(Dataset excerpts):
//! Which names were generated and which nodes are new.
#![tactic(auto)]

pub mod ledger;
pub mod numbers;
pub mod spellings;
--
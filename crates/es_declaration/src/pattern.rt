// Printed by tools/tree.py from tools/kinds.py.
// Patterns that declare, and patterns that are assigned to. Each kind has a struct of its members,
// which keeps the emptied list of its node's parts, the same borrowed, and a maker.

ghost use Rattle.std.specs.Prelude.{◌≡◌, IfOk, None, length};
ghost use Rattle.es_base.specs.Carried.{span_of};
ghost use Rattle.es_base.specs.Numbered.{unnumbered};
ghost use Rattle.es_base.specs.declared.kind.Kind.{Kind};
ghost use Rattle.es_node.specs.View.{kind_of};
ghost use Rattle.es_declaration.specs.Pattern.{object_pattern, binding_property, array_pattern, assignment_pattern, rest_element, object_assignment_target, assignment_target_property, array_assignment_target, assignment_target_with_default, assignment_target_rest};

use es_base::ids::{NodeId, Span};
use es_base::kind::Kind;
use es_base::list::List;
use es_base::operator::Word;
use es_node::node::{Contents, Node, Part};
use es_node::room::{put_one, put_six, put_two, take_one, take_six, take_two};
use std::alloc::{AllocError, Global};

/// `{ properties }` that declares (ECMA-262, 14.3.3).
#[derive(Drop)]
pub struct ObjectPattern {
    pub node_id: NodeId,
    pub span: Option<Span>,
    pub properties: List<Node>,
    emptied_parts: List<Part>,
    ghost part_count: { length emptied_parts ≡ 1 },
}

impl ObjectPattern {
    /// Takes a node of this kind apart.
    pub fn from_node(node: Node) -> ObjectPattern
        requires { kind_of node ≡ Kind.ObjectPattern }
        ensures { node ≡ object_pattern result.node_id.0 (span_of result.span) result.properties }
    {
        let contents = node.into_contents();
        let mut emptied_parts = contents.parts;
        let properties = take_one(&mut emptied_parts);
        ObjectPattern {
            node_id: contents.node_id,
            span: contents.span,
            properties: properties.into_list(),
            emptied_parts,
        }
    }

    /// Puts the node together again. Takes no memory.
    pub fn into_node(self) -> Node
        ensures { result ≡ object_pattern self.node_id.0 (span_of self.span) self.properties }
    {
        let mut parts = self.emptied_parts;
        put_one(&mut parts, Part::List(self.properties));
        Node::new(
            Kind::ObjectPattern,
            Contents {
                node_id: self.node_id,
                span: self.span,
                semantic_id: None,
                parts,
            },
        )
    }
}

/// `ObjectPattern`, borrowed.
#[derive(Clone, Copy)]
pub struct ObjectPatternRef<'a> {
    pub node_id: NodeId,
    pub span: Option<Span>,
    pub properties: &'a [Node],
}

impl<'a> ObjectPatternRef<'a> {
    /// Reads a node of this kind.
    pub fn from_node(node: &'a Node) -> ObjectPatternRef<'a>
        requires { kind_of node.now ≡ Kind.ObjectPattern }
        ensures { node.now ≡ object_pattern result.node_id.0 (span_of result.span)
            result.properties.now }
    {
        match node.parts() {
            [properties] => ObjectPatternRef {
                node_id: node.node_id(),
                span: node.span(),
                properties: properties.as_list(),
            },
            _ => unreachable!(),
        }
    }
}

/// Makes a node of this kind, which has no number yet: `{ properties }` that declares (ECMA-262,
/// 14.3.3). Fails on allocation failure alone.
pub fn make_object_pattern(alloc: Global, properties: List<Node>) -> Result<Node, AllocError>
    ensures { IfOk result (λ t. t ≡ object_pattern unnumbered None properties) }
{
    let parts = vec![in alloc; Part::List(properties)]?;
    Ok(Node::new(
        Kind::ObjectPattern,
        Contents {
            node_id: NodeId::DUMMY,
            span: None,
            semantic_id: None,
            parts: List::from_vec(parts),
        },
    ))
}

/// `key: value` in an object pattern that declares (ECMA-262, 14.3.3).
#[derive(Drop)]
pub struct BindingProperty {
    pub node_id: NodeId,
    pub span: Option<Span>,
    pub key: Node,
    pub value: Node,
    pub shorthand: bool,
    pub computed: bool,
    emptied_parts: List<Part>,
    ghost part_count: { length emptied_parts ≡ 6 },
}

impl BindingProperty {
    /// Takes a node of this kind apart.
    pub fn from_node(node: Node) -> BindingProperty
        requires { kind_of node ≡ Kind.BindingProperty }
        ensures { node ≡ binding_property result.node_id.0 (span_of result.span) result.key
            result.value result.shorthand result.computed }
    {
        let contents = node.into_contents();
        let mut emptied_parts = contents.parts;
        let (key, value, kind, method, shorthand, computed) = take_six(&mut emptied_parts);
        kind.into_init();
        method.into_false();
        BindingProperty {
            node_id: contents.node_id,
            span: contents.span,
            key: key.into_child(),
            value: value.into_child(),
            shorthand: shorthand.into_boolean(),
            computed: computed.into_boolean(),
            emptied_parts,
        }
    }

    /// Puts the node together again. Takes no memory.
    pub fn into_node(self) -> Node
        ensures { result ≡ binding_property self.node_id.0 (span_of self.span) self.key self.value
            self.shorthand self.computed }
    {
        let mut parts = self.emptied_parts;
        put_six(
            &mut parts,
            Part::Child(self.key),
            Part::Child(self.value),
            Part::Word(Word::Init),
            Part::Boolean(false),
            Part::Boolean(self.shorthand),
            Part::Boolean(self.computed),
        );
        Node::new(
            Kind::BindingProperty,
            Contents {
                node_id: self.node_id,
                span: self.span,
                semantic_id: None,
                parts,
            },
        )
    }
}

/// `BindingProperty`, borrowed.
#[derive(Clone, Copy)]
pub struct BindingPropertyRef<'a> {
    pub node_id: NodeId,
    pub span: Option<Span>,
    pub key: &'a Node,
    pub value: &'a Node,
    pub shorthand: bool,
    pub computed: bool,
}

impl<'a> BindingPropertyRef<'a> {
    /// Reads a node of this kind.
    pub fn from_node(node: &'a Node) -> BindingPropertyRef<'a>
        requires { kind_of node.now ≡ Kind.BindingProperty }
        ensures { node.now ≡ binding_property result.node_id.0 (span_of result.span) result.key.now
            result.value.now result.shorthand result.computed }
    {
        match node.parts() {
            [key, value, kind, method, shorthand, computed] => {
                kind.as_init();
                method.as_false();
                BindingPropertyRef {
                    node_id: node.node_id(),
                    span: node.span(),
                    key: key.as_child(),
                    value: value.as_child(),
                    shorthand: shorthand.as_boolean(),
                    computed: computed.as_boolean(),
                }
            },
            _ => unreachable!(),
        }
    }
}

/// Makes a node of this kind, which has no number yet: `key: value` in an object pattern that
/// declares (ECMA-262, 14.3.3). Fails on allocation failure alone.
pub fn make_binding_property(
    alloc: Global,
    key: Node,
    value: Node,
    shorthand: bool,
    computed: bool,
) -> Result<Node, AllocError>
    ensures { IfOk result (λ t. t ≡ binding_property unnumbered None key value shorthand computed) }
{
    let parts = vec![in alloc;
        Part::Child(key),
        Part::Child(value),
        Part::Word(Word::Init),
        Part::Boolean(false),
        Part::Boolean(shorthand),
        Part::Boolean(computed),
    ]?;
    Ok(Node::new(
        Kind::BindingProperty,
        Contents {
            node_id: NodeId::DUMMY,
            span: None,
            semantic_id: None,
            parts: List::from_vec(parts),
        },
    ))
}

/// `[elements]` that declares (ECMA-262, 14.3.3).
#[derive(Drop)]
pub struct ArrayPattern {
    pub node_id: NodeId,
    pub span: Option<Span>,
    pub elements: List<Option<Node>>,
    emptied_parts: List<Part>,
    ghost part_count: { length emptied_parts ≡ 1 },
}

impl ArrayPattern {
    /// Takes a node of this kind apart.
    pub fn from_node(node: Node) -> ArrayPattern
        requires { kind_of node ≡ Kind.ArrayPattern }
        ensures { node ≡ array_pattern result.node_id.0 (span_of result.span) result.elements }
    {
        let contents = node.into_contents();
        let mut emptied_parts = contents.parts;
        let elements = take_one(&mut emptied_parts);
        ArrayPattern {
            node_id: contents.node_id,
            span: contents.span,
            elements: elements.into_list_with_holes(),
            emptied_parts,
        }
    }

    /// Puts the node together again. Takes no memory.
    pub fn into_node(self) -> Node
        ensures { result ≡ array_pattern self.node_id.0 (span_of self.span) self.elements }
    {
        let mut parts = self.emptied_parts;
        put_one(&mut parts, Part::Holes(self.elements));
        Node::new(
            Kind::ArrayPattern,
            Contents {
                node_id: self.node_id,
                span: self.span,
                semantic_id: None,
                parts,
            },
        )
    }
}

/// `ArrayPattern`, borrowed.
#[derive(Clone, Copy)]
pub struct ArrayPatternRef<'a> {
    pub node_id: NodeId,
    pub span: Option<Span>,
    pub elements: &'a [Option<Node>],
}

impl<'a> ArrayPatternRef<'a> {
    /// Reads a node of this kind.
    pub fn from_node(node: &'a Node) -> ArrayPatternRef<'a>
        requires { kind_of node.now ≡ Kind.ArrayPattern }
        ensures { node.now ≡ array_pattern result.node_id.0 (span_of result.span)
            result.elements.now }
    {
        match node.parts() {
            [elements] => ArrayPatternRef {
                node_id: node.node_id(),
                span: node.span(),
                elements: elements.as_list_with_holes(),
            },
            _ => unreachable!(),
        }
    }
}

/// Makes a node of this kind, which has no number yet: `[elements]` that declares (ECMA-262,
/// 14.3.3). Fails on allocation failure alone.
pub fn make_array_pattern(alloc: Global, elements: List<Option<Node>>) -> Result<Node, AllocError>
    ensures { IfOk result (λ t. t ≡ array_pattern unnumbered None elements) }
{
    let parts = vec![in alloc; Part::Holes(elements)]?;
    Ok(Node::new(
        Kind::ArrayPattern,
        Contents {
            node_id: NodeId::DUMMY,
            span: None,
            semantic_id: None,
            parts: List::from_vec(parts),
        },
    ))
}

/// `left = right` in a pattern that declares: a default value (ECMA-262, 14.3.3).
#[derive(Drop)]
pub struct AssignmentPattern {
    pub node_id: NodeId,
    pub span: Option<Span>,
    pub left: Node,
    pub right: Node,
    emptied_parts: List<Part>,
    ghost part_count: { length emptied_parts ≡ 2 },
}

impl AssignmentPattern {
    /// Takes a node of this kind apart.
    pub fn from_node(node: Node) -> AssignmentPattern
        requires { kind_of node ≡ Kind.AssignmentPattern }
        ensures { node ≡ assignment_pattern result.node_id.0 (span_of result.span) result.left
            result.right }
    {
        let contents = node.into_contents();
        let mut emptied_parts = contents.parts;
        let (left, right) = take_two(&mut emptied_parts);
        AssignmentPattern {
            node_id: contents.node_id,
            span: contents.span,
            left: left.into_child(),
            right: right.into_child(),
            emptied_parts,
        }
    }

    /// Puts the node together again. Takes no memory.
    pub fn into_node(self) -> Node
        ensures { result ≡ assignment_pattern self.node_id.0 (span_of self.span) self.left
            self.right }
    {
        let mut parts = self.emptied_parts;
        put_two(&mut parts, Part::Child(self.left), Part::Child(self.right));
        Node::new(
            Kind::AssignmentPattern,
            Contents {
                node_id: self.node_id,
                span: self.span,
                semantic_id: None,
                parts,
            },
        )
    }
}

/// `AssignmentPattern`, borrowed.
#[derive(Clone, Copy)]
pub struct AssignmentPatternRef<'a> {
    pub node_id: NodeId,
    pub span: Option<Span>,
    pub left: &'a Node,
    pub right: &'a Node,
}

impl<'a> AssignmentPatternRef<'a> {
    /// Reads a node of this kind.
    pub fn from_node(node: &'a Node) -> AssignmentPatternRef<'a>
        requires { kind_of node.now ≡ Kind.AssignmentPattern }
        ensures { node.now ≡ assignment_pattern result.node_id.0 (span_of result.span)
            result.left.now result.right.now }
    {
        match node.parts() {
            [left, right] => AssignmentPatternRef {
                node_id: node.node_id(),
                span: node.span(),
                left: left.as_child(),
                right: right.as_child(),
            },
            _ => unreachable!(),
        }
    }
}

(Requirement):
Look through the entries and copy every line in which the string "AssignmentPatternRef" appears.

(Answer area):
pub struct AssignmentPatternRef<'a> {
impl<'a> AssignmentPatternRef<'a> {
    pub fn from_node(node: &'a Node) -> AssignmentPatternRef<'a>
            [left, right] => AssignmentPatternRef {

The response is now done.